In some territory of our collective imagination, there there seems to be an analogous place we might call the Valley of Found Things, strewn the forgotten phone number, the time for an afternoon walk, the photograph of my beaming twenty-something father atop my beaming twenty-something mother’s shoulders in the Black Sea. Finding, too, is a fractal delight — the simple delight of finding a long-treasured something we had lost, or finding something we didn’t know existed, branches from that grand, all-consuming, all-transforming, reality-recalibrating delight we call love.
As with loss, so with love: Here too our our metaphors are woven of spacetime, bespeaking our inability to think and feel beyond it — we speak of “finding love,” as if love were stationed at some distinct location until (and here is another measure of time) we wander by to chance upon, something E.E. Cummings captured in that single perfect line: “love is a place.”
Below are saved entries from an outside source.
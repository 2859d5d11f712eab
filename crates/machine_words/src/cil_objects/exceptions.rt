//! New exceptions of the core library, and an exception that nobody catches.

ghost use Rattle.std.specs.Prelude.{◌≡◌, [], Some, None, IfOk};
ghost use Rattle.rules.specs.step_rules.Words.{object_at};
ghost use Rattle.rules.specs.step_rules.Objects.{core_type, new_exception, wrapping, threw};
ghost use Rattle.machine_words.specs.cil_words.Steps.{next_of};
ghost use Rattle.il_base.specs.declared.cil_values.end.End.TheVariants.{Threw};
ghost use Rattle.machine_words.specs.declared.cil_words.step_out.StepOut.TheVariants.{Over};

use crate::cil_objects::messages::message_of;
use crate::cil_objects::texts::bytes_of_units;
use crate::cil_objects::types::{core_type, type_of};
use crate::cil_places::with_cell;
use crate::cil_queries::Answers;
use crate::cil_stores::zero_cells;
use crate::cil_words::StepOut;
use il_base::cil_values::{Cell, End, Obj, State, Value};
use il_base::core_table::CoreName;
use il_base::world_model::TypeExpr;
use il_base::{Boxed, NoMemory, Seq, Text};
use std::alloc::Global;

/// A new exception of the core library, without message and inner exception.
#[tactic(auto, unfolding(rules::specs::step_rules::Objects::new_exception))]
pub fn new_exception<Q: Answers>(alloc: Global, q: &Q, name: CoreName) -> Result<Obj, NoMemory>
    ensures { IfOk result (λ o. o ≡ new_exception (Q.queries q.now) name) }
{
    let of = core_type(q, name);
    let cells = zero_cells(alloc, q, &of)?;
    Ok(Obj::Instance { of, cells })
}

/// A new exception of the core library with an inner one, by its number.
#[tactic(auto, unfolding(rules::specs::step_rules::Objects::wrapping))]
pub fn wrapping<Q: Answers>(
    alloc: Global,
    q: &Q,
    name: CoreName,
    inner: u32,
) -> Result<Obj, NoMemory>
    ensures { IfOk result (λ o. o ≡ wrapping (Q.queries q.now) name inner) }
{
    let of = core_type(q, name);
    let mut cells = zero_cells(alloc, q, &of)?;
    with_cell(
        alloc,
        q,
        &of,
        &mut cells,
        Cell::Inner,
        &Value::Object(inner),
    )?;
    Ok(Obj::Instance { of, cells })
}

/// The end of a run by an exception with these texts.
fn threw_texts(alloc: Global, kind: Text, message: Text) -> Result<StepOut, NoMemory>
    ensures { IfOk result (λ out. out ≡ Over (Threw kind message)) }
{
    let kind = Boxed::new(alloc, kind)?;
    let message = Boxed::new(alloc, message)?;
    Ok(StepOut::Over(End::Threw { kind, message }))
}

/// The end of a run by this exception.
fn threw_object<Q: Answers>(alloc: Global, q: &Q, st: &State, o: &Obj) -> Result<StepOut, NoMemory>
    ensures { IfOk result (λ out. next_of out st.now [] ≡ threw (Q.queries q.now) st.now (Some o.now)) }
{
    let of = type_of(alloc, q, o)?;
    let kind = q.text(alloc, &of)?;
    let units = message_of(alloc, q, st, o)?;
    let message = bytes_of_units(alloc, units.as_slice())?;
    threw_texts(alloc, kind, message)
}

/// The end of a run by an exception that nobody catches: the text of its type, and its message.
pub fn threw<Q: Answers>(alloc: Global, q: &Q, st: &State, at: u32) -> Result<StepOut, NoMemory>
    ensures { IfOk result (λ out. next_of out st.now [] ≡ threw (Q.queries q.now) st.now (object_at st.now at)) }
{
    match st.heap.get(at) {
        Some(o) => threw_object(alloc, q, st, o),
        None => threw_texts(alloc, Seq::new(alloc), Seq::new(alloc)),
    }
}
That place is precisely where Schulz found herself not long after her father’s death. She met (on Main Street in a small town, by a chance-fold of spacetime) and married (with all of their living parents and the bittersweet presence of her father’s absence: “a kind of commonplace memorial, a candle I don’t have to light because it is always bright with him”) the love of her life — a woman she came to love across the abyss of surface differences between them, differences past which she might not have plumbed the depths, had loss not reconfigured her world by shattering the bedrock of familiar reality to make space for the improbable, space for this stranger without whom spacetime came to feel unimaginable.
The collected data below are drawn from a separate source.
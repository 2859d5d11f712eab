//! Types and signatures that are the same in every method.

ghost use Rattle.std.specs.Prelude.{IsTrue};
ghost use Rattle.machine_words.specs.cil_closing.Settled.{SettledSlot, SettledReturn, SettledSlots, SettledSignature};

use crate::cil_closing::standing::takes;
use crate::cil_queries::Answers;
use il_base::cil_values::Signature;
use il_base::element;
use il_base::world_model::TypeExpr;

/// Whether a type is a primitive but VOID, or a type definition without parameters.
#[tactic(auto, using(crate::proofs::lemmas::cil_closing::Settled::slots))]
fn is_settled_slot<Q: Answers>(q: &Q, ty: &TypeExpr) -> bool
    ensures { IsTrue result → SettledSlot (Q.queries q.now) ty.now }
{
    match ty {
        TypeExpr::Prim(code) => *code != element::VOID,
        TypeExpr::Def(id) => takes(q, *id, 0),
        TypeExpr::Inst(_, _) => false,
        TypeExpr::Array(_) => false,
        TypeExpr::ByRef(_) => false,
        TypeExpr::Var(_) => false,
        TypeExpr::MVar(_) => false,
        TypeExpr::Mod { .. } => false,
    }
}

/// Whether a type is a primitive, or a type definition without parameters.
#[tactic(auto, using(crate::proofs::lemmas::cil_closing::Settled::returns))]
fn is_settled_return<Q: Answers>(q: &Q, ty: &TypeExpr) -> bool
    ensures { IsTrue result → SettledReturn (Q.queries q.now) ty.now }
{
    match ty {
        TypeExpr::Prim(_) => true,
        TypeExpr::Def(id) => takes(q, *id, 0),
        TypeExpr::Inst(_, _) => false,
        TypeExpr::Array(_) => false,
        TypeExpr::ByRef(_) => false,
        TypeExpr::Var(_) => false,
        TypeExpr::MVar(_) => false,
        TypeExpr::Mod { .. } => false,
    }
}

fn are_settled<Q: Answers>(q: &Q, types: &[TypeExpr]) -> bool
    ensures { IsTrue result → SettledSlots (Q.queries q.now) types.now }
{
    for ty in types {
        if !is_settled_slot(q, ty) {
            return false;
        }
    }
    true
}

/// Whether each type of a signature is, with any arguments put in, as it was.
pub(crate) fn is_settled<Q: Answers>(q: &Q, sig: &Signature) -> bool
    ensures { IsTrue result → SettledSignature (Q.queries q.now) sig.now }
{
    is_settled_return(q, &sig.ret) && are_settled(q, sig.params.as_slice())
}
The second half of Lost & Found is as much a meditation on finding the most precious of human finds — which is never a possession — as it is a love letter to her wife, ending with a beautiful meditation on how these twin experiences illuminate the central truth of life:
We have this, the only thing we have right now. This will never last because it is not permanent. It will not last because nothing can. All of our dreams, plans, jobs, knees, backs, memories, keys to houses, cars, kingdoms, and kingdoms will eventually be lost.
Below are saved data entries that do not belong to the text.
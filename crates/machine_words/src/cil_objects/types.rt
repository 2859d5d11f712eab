//! Types of objects.

ghost use Rattle.std.specs.Prelude.{◌≡◌, Some, IfOk};
ghost use Rattle.rules.specs.step_rules.Words.{object_at};
ghost use Rattle.rules.specs.step_rules.Objects.{core_type, member_name, type_of, is_a};

use crate::cil_queries::Answers;
use il_base::cil_values::{Obj, State};
use il_base::core_table::CoreName;
use il_base::world_model::TypeExpr;
use il_base::{Boxed, Item, NoMemory, TypeId, element};
use std::alloc::Global;

/// A type of the core library that has no element type.
pub fn core_type<Q: Answers>(q: &Q, name: CoreName) -> TypeExpr
    ensures { result ≡ core_type (Q.queries q.now) name }
{
    TypeExpr::Def(TypeId(q.known(name)))
}

/// The class of the object of a member.
fn member_name(of: Item) -> CoreName
    ensures { result ≡ member_name of }
{
    match of {
        Item::Method(_) => CoreName::MethodInfo,
        Item::Field(_) => CoreName::FieldInfo,
        Item::Prop(_) => CoreName::PropertyInfo,
        Item::Asm(_) => CoreName::MemberInfo,
        Item::Typ(_) => CoreName::MemberInfo,
        Item::Event(_) => CoreName::MemberInfo,
        Item::Impl(_) => CoreName::MemberInfo,
    }
}

/// The type of an object.
#[tactic(auto, unfolding(rules::specs::step_rules::Objects::type_of))]
pub fn type_of<Q: Answers>(alloc: Global, q: &Q, o: &Obj) -> Result<TypeExpr, NoMemory>
    ensures { IfOk result (λ ty. ty ≡ type_of (Q.queries q.now) o.now) }
{
    match o {
        Obj::Instance { of, .. } => of.copy(alloc),
        Obj::Boxed { of, .. } => of.copy(alloc),
        Obj::Array { of, .. } => {
            let of = of.copy(alloc)?;
            let of = Boxed::new(alloc, of)?;
            Ok(TypeExpr::Array(of))
        }
        Obj::Str(_) => Ok(TypeExpr::Prim(element::STRING)),
        Obj::TypeOf(_) => Ok(core_type(q, CoreName::Type)),
        Obj::Member(of, _) => Ok(core_type(q, member_name(*of))),
    }
}

/// Whether an object is of a closed type (I.8.7).
pub fn object_is_a<Q: Answers>(
    alloc: Global,
    q: &Q,
    ty: &TypeExpr,
    o: &Obj,
) -> Result<bool, NoMemory>
    ensures { IfOk result (λ yes. yes ≡ is_a (Q.queries q.now) ty.now (Some o.now)) }
{
    let of = type_of(alloc, q, o)?;
    q.below(alloc, &of, ty)
}

/// Whether the object with a number is of a closed type. False where there is no such object.
pub fn is_a<Q: Answers>(
    alloc: Global,
    q: &Q,
    st: &State,
    ty: &TypeExpr,
    at: u32,
) -> Result<bool, NoMemory>
    ensures { IfOk result (λ yes. yes ≡ is_a (Q.queries q.now) ty.now (object_at st.now at)) }
{
    match st.heap.get(at) {
        None => Ok(false),
        Some(o) => object_is_a(alloc, q, ty, o),
    }
}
It is not unusual or unexpected in any way. All that is surprising about this place is its being. It is the turtle in the pond, the thought in the mind, the falling star, the stranger on Main Street… To all of this, loss, which seems only to take away, adds its own kind of necessary contribution. It doesn’t matter what happens, whether you lose the object or person that you treasure, the lesson is the same. We need to learn from the loss of someone we love, how fragile they are, what fragility is and why it happened. It is like an external conscience that reminds us to be more efficient with our limited time. This crossing can be brief, but it is worth being present to what you see. Keep an eye on us, but not keep.